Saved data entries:
ghost use Rattle.std.specs.Prelude.{◌≡◌, ℕ, ℤ, ◌<ℤ◌, ◌≤ℤ◌, List, Option, Some, None, MatchOption, ⊤};
ghost use Rattle.pc_program_bound.specs.declared.program.Program.{Program};
ghost use Rattle.pc_program_bound.specs.Allocation.{IsProgram, IsAllocation, worth};
ghost use Rattle.pc_program_bound.specs.Bound.{HasFitWidth};
ghost use Rattle.pc_frontier.specs.Frontier.{Seen};
ghost use Rattle.pc_frontier.specs.Boxes.{IsLeaf};
ghost use Rattle.pc_branch.specs.declared.visited.Visited.{Visited};
ghost use Rattle.pc_branch.specs.Licence.{no_multipliers};
ghost use Rattle.pc_branch.specs.Outcome.{IsBest, IsNothing, IsSpent};
ghost use Rattle.pc_branch.specs.Grown.{visited_at, value_of, proof_of};
ghost use Rattle.pc_branch.specs.Searching.{IsSearching};
ghost use Rattle.pc_branch.specs.Ends.{IsLeft};

/// A search whose level has come down to the worth of what was found has found the best.
pub fn searches_show_the_best()
    ensures { (p : Program) (budget : ℕ) (f : Seen) (visited : List Visited) (counts : List ℕ) (halted : Option ℤ) (hand : List ℕ) (s : IsSearching p budget f visited (Some counts) halted hand (worth p counts)) → IsProgram p → HasFitWidth p (no_multipliers p) → IsBest p budget counts (worth p counts) (proof_of visited s.tree) }
{}

/// A search all of whose leaves are void shows that there is no allocation.
pub fn searches_show_nothing()
    ensures { (p : Program) (budget : ℕ) (f : Seen) (visited : List Visited) (halted : Option ℤ) (hand : List ℕ) (level : ℤ) (s : IsSearching p budget f visited None halted hand level) → IsProgram p → HasFitWidth p (no_multipliers p) → ((n : ℕ) → IsLeaf f.nodes n → value_of (visited_at visited n) ≡ None) → IsNothing p budget (proof_of visited s.tree) }
{}

/// A search with a leaf at its level that could not be split shows what was left open.
pub fn searches_show_what_is_left()
    ensures { (p : Program) (budget : ℕ) (f : Seen) (visited : List Visited) (found : Option (List ℕ)) (halted : Option ℤ) (hand : List ℕ) (e : ℤ) (s : IsSearching p budget f visited found halted hand e) (n : ℕ) → IsProgram p → HasFitWidth p (no_multipliers p) → IsLeft f visited e n → MatchOption found ⊤ (λ counts. worth p counts <ℤ e) → IsSpent p budget e found (proof_of visited s.tree) }
{}

/// Any allocation that is worth as much as what was found may take its place, however it was come by.
pub fn any_allocation_may_be_found()
    ensures { (p : Program) (budget : ℕ) (f : Seen) (visited : List Visited) (found : Option (List ℕ)) (halted : Option ℤ) (hand : List ℕ) (level : ℤ) (counts : List ℕ) → IsSearching p budget f visited found halted hand level → IsProgram p → HasFitWidth p (no_multipliers p) → IsAllocation p p.floor p.cap counts → MatchOption found ⊤ (λ before. worth p before ≤ℤ worth p counts) → IsSearching p budget f visited (Some counts) halted hand level }
{}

Problem description:
What you output should match every line above exactly.

Task output:
ghost use Rattle.std.specs.Prelude.{◌≡◌, ℕ, ℤ, ◌<ℤ◌, ◌≤ℤ◌, List, Option, Some, None, MatchOption, ⊤};
ghost use Rattle.pc_program_bound.specs.declared.program.Program.{Program};
ghost use Rattle.pc_program_bound.specs.Allocation.{IsProgram, IsAllocation, worth};
ghost use Rattle.pc_program_bound.specs.Bound.{HasFitWidth};
ghost use Rattle.pc_frontier.specs.Frontier.{Seen};
ghost use Rattle.pc_frontier.specs.Boxes.{IsLeaf};
ghost use Rattle.pc_branch.specs.declared.visited.Visited.{Visited};
ghost use Rattle.pc_branch.specs.Licence.{no_multipliers};
ghost use Rattle.pc_branch.specs.Outcome.{IsBest, IsNothing, IsSpent};
ghost use Rattle.pc_branch.specs.Grown.{visited_at, value_of, proof_of};
ghost use Rattle.pc_branch.specs.Searching.{IsSearching};
ghost use Rattle.pc_branch.specs.Ends.{IsLeft};

/// A search whose level has come down to the worth of what was found has found the best.
pub fn searches_show_the_best()
    ensures { (p : Program) (budget : ℕ) (f : Seen) (visited : List Visited) (counts : List ℕ) (halted : Option ℤ) (hand : List ℕ) (s : IsSearching p budget f visited (Some counts) halted hand (worth p counts)) → IsProgram p → HasFitWidth p (no_multipliers p) → IsBest p budget counts (worth p counts) (proof_of visited s.tree) }
{}

/// A search all of whose leaves are void shows that there is no allocation.
pub fn searches_show_nothing()
    ensures { (p : Program) (budget : ℕ) (f : Seen) (visited : List Visited) (halted : Option ℤ) (hand : List ℕ) (level : ℤ) (s : IsSearching p budget f visited None halted hand level) → IsProgram p → HasFitWidth p (no_multipliers p) → ((n : ℕ) → IsLeaf f.nodes n → value_of (visited_at visited n) ≡ None) → IsNothing p budget (proof_of visited s.tree) }
{}

/// A search with a leaf at its level that could not be split shows what was left open.
pub fn searches_show_what_is_left()
    ensures { (p : Program) (budget : ℕ) (f : Seen) (visited : List Visited) (found : Option (List ℕ)) (halted : Option ℤ) (hand : List ℕ) (e : ℤ) (s : IsSearching p budget f visited found halted hand e) (n : ℕ) → IsProgram p → HasFitWidth p (no_multipliers p) → IsLeft f visited e n → MatchOption found ⊤ (λ counts. worth p counts <ℤ e) → IsSpent p budget e found (proof_of visited s.tree) }
{}

/// Any allocation that is worth as much as what was found may take its place, however it was come by.
pub fn any_allocation_may_be_found()
    ensures { (p : Program) (budget : ℕ) (f : Seen) (visited : List Visited) (found : Option (List ℕ)) (halted : Option ℤ) (hand : List ℕ) (level : ℤ) (counts : List ℕ) → IsSearching p budget f visited found halted hand level → IsProgram p → HasFitWidth p (no_multipliers p) → IsAllocation p p.floor p.cap counts → MatchOption found ⊤ (λ before. worth p before ≤ℤ worth p counts) → IsSearching p budget f visited (Some counts) halted hand level }
{}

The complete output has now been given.